SOURCE DATA:
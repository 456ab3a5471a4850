//! The layout table: the file that says which messages there are, and where each field of a message lies.
//!
//! A table is read exactly where its rows are valid. What is read holds a template for each role of the product, with
//! the fields that the role requires; messages are then read and written by these places, and no longer by names.
#![tactic(auto)]

mod checks;
mod fields;
mod images;
mod index;
mod laws;
mod pairs;
mod roles;
mod rows;
mod table;
mod templates;
#[cfg(test)]
mod tests;
mod text;
mod words;

pub use fields::FieldRef;
pub use laws::the_first_fault_is_told;
pub use roles::{FieldName, Role};
pub use table::{Table, TableRefusal};
pub use templates::Template;
pub use words::{Family, Kind, TableFault, TableWhy};
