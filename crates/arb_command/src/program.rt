//! The work of a command line, over any reader and writers, and its exit status.

ghost use Rattle.std.specs.Prelude.{◌≡◌, ◌≤◌, OnOk, OnErr};

use crate::arguments::{Task, Work, parse};
use crate::config_file::machine_of;
use arb_config::Topology;
use arb_draw::draw;
use arb_live::{Both, live, live_endless};
use arb_play::{FreeGate, TurnGate, play};
use arb_script::{read_script, run};
use arb_share::{Watched, due_run};
use clap::error::ErrorKind;
use std::alloc::Global;
use std::convert::AsStr;
use std::fmt::Display;
use std::io::{Read, Write};
use std::rt::Files;
use std::sync::Wait;
use std::thread::Threads;

/// The work was done.
const DONE: u8 = 0;
/// An input was refused, or reading, writing or memory failed.
const FAULT: u8 = 1;
/// The command line was refused.
const USAGE: u8 = 2;

/// Runs a command line, the program's own name being its first word, with `reader` and the two writers in
/// place of the standard streams. Answers the exit status:
///
/// - 0: the work was done.
/// - 1: an input was refused, or reading, writing or memory failed; one line on `err` says why.
/// - 2: the command line was refused; the text on `err` says why.
///
/// Where a line can't be written to `err`, the status is the same. After a fault of writing, `out` has a prefix of
/// what it would have had.
///
/// ```
/// let rows = b"0 2\n".as_slice();
/// let status = command(&rt, &["arbiter", "due", "--cores", "4"], rows, &mut out, &mut err);
/// ```
pub fn command<R, S, I, O, E>(rt: &R, words: &[S], reader: I, mut out: O, mut err: E) -> u8
where
    R: Files + AllocGlobal + Threads + Wait + Sync,
    S: AsStr,
    I: Read + Drop,
    O: Write + Drop,
    E: Write + Drop,
    // it is one of the three
    ensures status { result ≤ 2 }
{
    match parse(rt.alloc(), words) {
        Ok(Some(task)) => do_task(rt, task, reader, out, err),
        Ok(None) => {
            let _ = writeln!(err, "unknown command");
            USAGE
        }
        Err(error) => refused(&error, &mut out, &mut err),
    }
}

/// Does a task. No task ends as a refused command line.
fn do_task<R, I, O, E>(rt: &R, task: Task<'_>, reader: I, out: O, mut err: E) -> u8
where
    R: Files + AllocGlobal + Threads + Wait + Sync,
    I: Read + Drop,
    O: Write + Drop,
    E: Write + Drop,
    ensures { result ≤ 1 }
{
    match task {
        Task::Due { cores } => {
            let done = due_run(&mut Watched::new(reader), &mut Watched::new(out), cores);
            status(done, &mut err)
        }
        Task::OnMachine { file, work } => match machine_of(rt, file) {
            Ok(machine) => on_machine(rt, &machine, work, reader, out, err),
            Err(cause) => fault(cause, &mut err),
        },
    }
}

/// Shows `clap`'s text on the writer where it belongs.
fn refused<O: Write, E: Write>(error: &clap::Error, out: &mut O, err: &mut E) -> u8
    ensures { result ≤ 2 }
{
    if error.kind() == ErrorKind::OutOfMemory {
        return fault("out of memory", err);
    }
    if error.use_stderr() {
        let _ = write!(err, "{error}");
        return USAGE;
    }
    status(write!(out, "{error}").map_err(|_| "write fault"), err)
}

/// Says in one line why the work wasn't done.
fn fault<D: Display + Drop, E: Write>(cause: D, err: &mut E) -> u8
    ensures { result ≡ 1 }
{
    let _ = writeln!(err, "{cause}");
    FAULT
}

/// The status of work that was done, or of a fault, which is said in one line.
fn status<D: Display + Drop, E: Write>(done: Result<(), D>, err: &mut E) -> u8
    ensures done { OnOk done (result ≡ 0) }
    ensures fault { OnErr done (result ≡ 1) }
    ensures bound { result ≤ 1 }
{
    match done {
        Ok(()) => DONE,
        Err(cause) => fault(cause, err),
    }
}

/// Does a work on a machine.
fn on_machine<R, I, O, E>(
    rt: &R,
    machine: &Topology,
    work: Work,
    reader: I,
    mut out: O,
    mut err: E,
) -> u8
where
    R: AllocGlobal + Threads + Wait + Sync,
    I: Read + Drop,
    O: Write + Drop,
    E: Write + Drop,
    ensures { result ≤ 1 }
{
    let alloc = rt.alloc();
    match work {
        Work::Check => status(describe(machine, &mut out), &mut err),
        Work::Live { endless } => {
            let mut stream = Both::new(reader, out);
            let done = if endless {
                live_endless(&mut stream, machine)
            } else {
                live(&mut stream, machine)
            };
            status(done, &mut err)
        }
        Work::Run => {
            let (mut source, mut sink) = (Watched::new(reader), Watched::new(out));
            status(run(alloc, &mut source, &mut sink, machine), &mut err)
        }
        Work::Draw { choice } => {
            let (mut source, mut sink) = (Watched::new(reader), Watched::new(out));
            status(
                draw(alloc, &mut source, &mut sink, machine, &choice),
                &mut err,
            )
        }
        Work::Play { ordered } => play_script(rt, machine, ordered, reader, out, &mut err),
    }
}

/// Writes the line of a machine.
fn describe<O: Write>(machine: &Topology, out: &mut O) -> Result<(), &'static str> {
    let sockets = machine.sockets();
    let managed = machine.managed();
    let unmanaged = machine.unmanaged();
    let grace = machine.grace();
    let orders = machine.orders();
    let written = writeln!(
        out,
        "ok: {sockets} sockets, {managed} managed, {unmanaged} unmanaged, grace {grace}, orders {orders}"
    );
    written.map_err(|_| "write fault")
}

/// Runs a script by threads, and writes its journal report.
fn play_script<R, I, O, E>(
    rt: &R,
    machine: &Topology,
    ordered: bool,
    reader: I,
    out: O,
    err: &mut E,
) -> u8
where
    R: AllocGlobal + Threads + Wait + Sync,
    I: Read + Drop,
    O: Write + Drop,
    E: Write,
    ensures { result ≤ 1 }
{
    let alloc = rt.alloc();
    let script = match read_script(alloc, &mut Watched::new(reader)) {
        Ok(script) => script,
        Err(cause) => return fault(cause, err),
    };
    let mut sink = Watched::new(out);
    let played = if ordered {
        play(rt, alloc, machine, &script, &TurnGate::new(), &mut sink)
    } else {
        play(rt, alloc, machine, &script, &FreeGate, &mut sink)
    };
    status(played, err)
}
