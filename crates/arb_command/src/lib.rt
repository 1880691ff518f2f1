//! The command line of the `arbiter` program, as a function.
//!
//! [`command`] runs a command line over any reader and writers, and answers the exit status. The program
//! `arbiter` calls it with the standard streams. It goes this way:
//!
//! 1. `arguments.rt`: what the words ask for, and all help texts.
//! 2. `config_file.rt`: the machine that a configuration file describes. `one_line.rt` prints the file's name.
//! 3. `program.rt`: the work, which crates below do, and the exit status.
#![tactic(auto)]

mod arguments;
mod config_file;
mod one_line;
mod program;

pub use program::command;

EXERCISE OBJECTIVE: Set the data down once more, exactly as it stands.

RESPONSE:
repository 456ab3a5471a4850
//! The layout table: the file that says which messages there are, and where each field of a message lies.
//!
//! A table is read exactly where its rows are valid. What is read holds a template for each role of the product, with
//! the fields that the role requires; messages are then read and written by these places, and no longer by names.
#![tactic(auto)]

mod checks;
mod fields;
mod images;
mod index;
mod laws;
mod pairs;
mod roles;
mod rows;
mod table;
mod templates;
#[cfg(test)]
mod tests;
mod text;
mod words;

pub use fields::FieldRef;
pub use laws::the_first_fault_is_told;
pub use roles::{FieldName, Role};
pub use table::{Table, TableRefusal};
pub use templates::Template;
pub use words::{Family, Kind, TableFault, TableWhy};
filename crates/arb_command/src/program.rt
//! The work of a command line, over any reader and writers, and its exit status.

ghost use Rattle.std.specs.Prelude.{◌≡◌, ◌≤◌, OnOk, OnErr};

use crate::arguments::{Task, Work, parse};
use crate::config_file::machine_of;
use arb_config::Topology;
use arb_draw::draw;
use arb_live::{Both, live, live_endless};
use arb_play::{FreeGate, TurnGate, play};
use arb_script::{read_script, run};
use arb_share::{Watched, due_run};
use clap::error::ErrorKind;
use std::alloc::Global;
use std::convert::AsStr;
use std::fmt::Display;
use std::io::{Read, Write};
use std::rt::Files;
use std::sync::Wait;
use std::thread::Threads;

/// The work was done.
const DONE: u8 = 0;
/// An input was refused, or reading, writing or memory failed.
const FAULT: u8 = 1;
/// The command line was refused.
const USAGE: u8 = 2;

/// Runs a command line, the program's own name being its first word, with `reader` and the two writers in
/// place of the standard streams. Answers the exit status:
///
/// - 0: the work was done.
/// - 1: an input was refused, or reading, writing or memory failed; one line on `err` says why.
/// - 2: the command line was refused; the text on `err` says why.
///
/// Where a line can't be written to `err`, the status is the same. After a fault of writing, `out` has a prefix of
/// what it would have had.
///
/// ```
/// let rows = b"0 2\n".as_slice();
/// let status = command(&rt, &["arbiter", "due", "--cores", "4"], rows, &mut out, &mut err);
/// ```
pub fn command<R, S, I, O, E>(rt: &R, words: &[S], reader: I, mut out: O, mut err: E) -> u8
where
    R: Files + AllocGlobal + Threads + Wait + Sync,
    S: AsStr,
    I: Read + Drop,
    O: Write + Drop,
    E: Write + Drop,
    // it is one of the three
    ensures status { result ≤ 2 }
{
    match parse(rt.alloc(), words) {
        Ok(Some(task)) => do_task(rt, task, reader, out, err),
        Ok(None) => {
            let _ = writeln!(err, "unknown command");
            USAGE
        }
        Err(error) => refused(&error, &mut out, &mut err),
    }
}

/// Does a task. No task ends as a refused command line.
fn do_task<R, I, O, E>(rt: &R, task: Task<'_>, reader: I, out: O, mut err: E) -> u8
where
    R: Files + AllocGlobal + Threads + Wait + Sync,
    I: Read + Drop,
    O: Write + Drop,
    E: Write + Drop,
    ensures { result ≤ 1 }
{
    match task {
        Task::Due { cores } => {
            let done = due_run(&mut Watched::new(reader), &mut Watched::new(out), cores);
            status(done, &mut err)
        }
        Task::OnMachine { file, work } => match machine_of(rt, file) {
            Ok(machine) => on_machine(rt, &machine, work, reader, out, err),
            Err(cause) => fault(cause, &mut err),
        },
    }
}

/// Shows `clap`'s text on the writer where it belongs.
fn refused<O: Write, E: Write>(error: &clap::Error, out: &mut O, err: &mut E) -> u8
    ensures { result ≤ 2 }
{
    if error.kind() == ErrorKind::OutOfMemory {
        return fault("out of memory", err);
    }
    if error.use_stderr() {
        let _ = write!(err, "{error}");
        return USAGE;
    }
    status(write!(out, "{error}").map_err(|_| "write fault"), err)
}

/// Says in one line why the work wasn't done.
fn fault<D: Display + Drop, E: Write>(cause: D, err: &mut E) -> u8
    ensures { result ≡ 1 }
{
    let _ = writeln!(err, "{cause}");
    FAULT
}

/// The status of work that was done, or of a fault, which is said in one line.
fn status<D: Display + Drop, E: Write>(done: Result<(), D>, err: &mut E) -> u8
    ensures done { OnOk done (result ≡ 0) }
    ensures fault { OnErr done (result ≡ 1) }
    ensures bound { result ≤ 1 }
{
    match done {
        Ok(()) => DONE,
        Err(cause) => fault(cause, err),
    }
}

/// Does a work on a machine.
fn on_machine<R, I, O, E>(
    rt: &R,
    machine: &Topology,
    work: Work,
    reader: I,
    mut out: O,
    mut err: E,
) -> u8
where
    R: AllocGlobal + Threads + Wait + Sync,
    I: Read + Drop,
    O: Write + Drop,
    E: Write + Drop,
    ensures { result ≤ 1 }
{
    let alloc = rt.alloc();
    match work {
        Work::Check => status(describe(machine, &mut out), &mut err),
        Work::Live { endless } => {
            let mut stream = Both::new(reader, out);
            let done = if endless {
                live_endless(&mut stream, machine)
            } else {
                live(&mut stream, machine)
            };
            status(done, &mut err)
        }
        Work::Run => {
            let (mut source, mut sink) = (Watched::new(reader), Watched::new(out));
            status(run(alloc, &mut source, &mut sink, machine), &mut err)
        }
        Work::Draw { choice } => {
            let (mut source, mut sink) = (Watched::new(reader), Watched::new(out));
            status(
                draw(alloc, &mut source, &mut sink, machine, &choice),
                &mut err,
            )
        }
        Work::Play { ordered } => play_script(rt, machine, ordered, reader, out, &mut err),
    }
}

/// Writes the line of a machine.
fn describe<O: Write>(machine: &Topology, out: &mut O) -> Result<(), &'static str> {
    let sockets = machine.sockets();
    let managed = machine.managed();
    let unmanaged = machine.unmanaged();
    let grace = machine.grace();
    let orders = machine.orders();
    let written = writeln!(
        out,
        "ok: {sockets} sockets, {managed} managed, {unmanaged} unmanaged, grace {grace}, orders {orders}"
    );
    written.map_err(|_| "write fault")
}

/// Runs a script by threads, and writes its journal report.
fn play_script<R, I, O, E>(
    rt: &R,
    machine: &Topology,
    ordered: bool,
    reader: I,
    out: O,
    err: &mut E,
) -> u8
where
    R: AllocGlobal + Threads + Wait + Sync,
    I: Read + Drop,
    O: Write + Drop,
    E: Write,
    ensures { result ≤ 1 }
{
    let alloc = rt.alloc();
    let script = match read_script(alloc, &mut Watched::new(reader)) {
        Ok(script) => script,
        Err(cause) => return fault(cause, err),
    };
    let mut sink = Watched::new(out);
    let played = if ordered {
        play(rt, alloc, machine, &script, &TurnGate::new(), &mut sink)
    } else {
        play(rt, alloc, machine, &script, &FreeGate, &mut sink)
    };
    status(played, err)
}
filename crates/arb_command/src/lib.rt
repository 1880691ff518f2f1
//! The command line of the `arbiter` program, as a function.
//!
//! [`command`] runs a command line over any reader and writers, and answers the exit status. The program
//! `arbiter` calls it with the standard streams. It goes this way:
//!
//! 1. `arguments.rt`: what the words ask for, and all help texts.
//! 2. `config_file.rt`: the machine that a configuration file describes. `one_line.rt` prints the file's name.
//! 3. `program.rt`: the work, which crates below do, and the exit status.
#![tactic(auto)]

mod arguments;
mod config_file;
mod one_line;
mod program;

pub use program::command;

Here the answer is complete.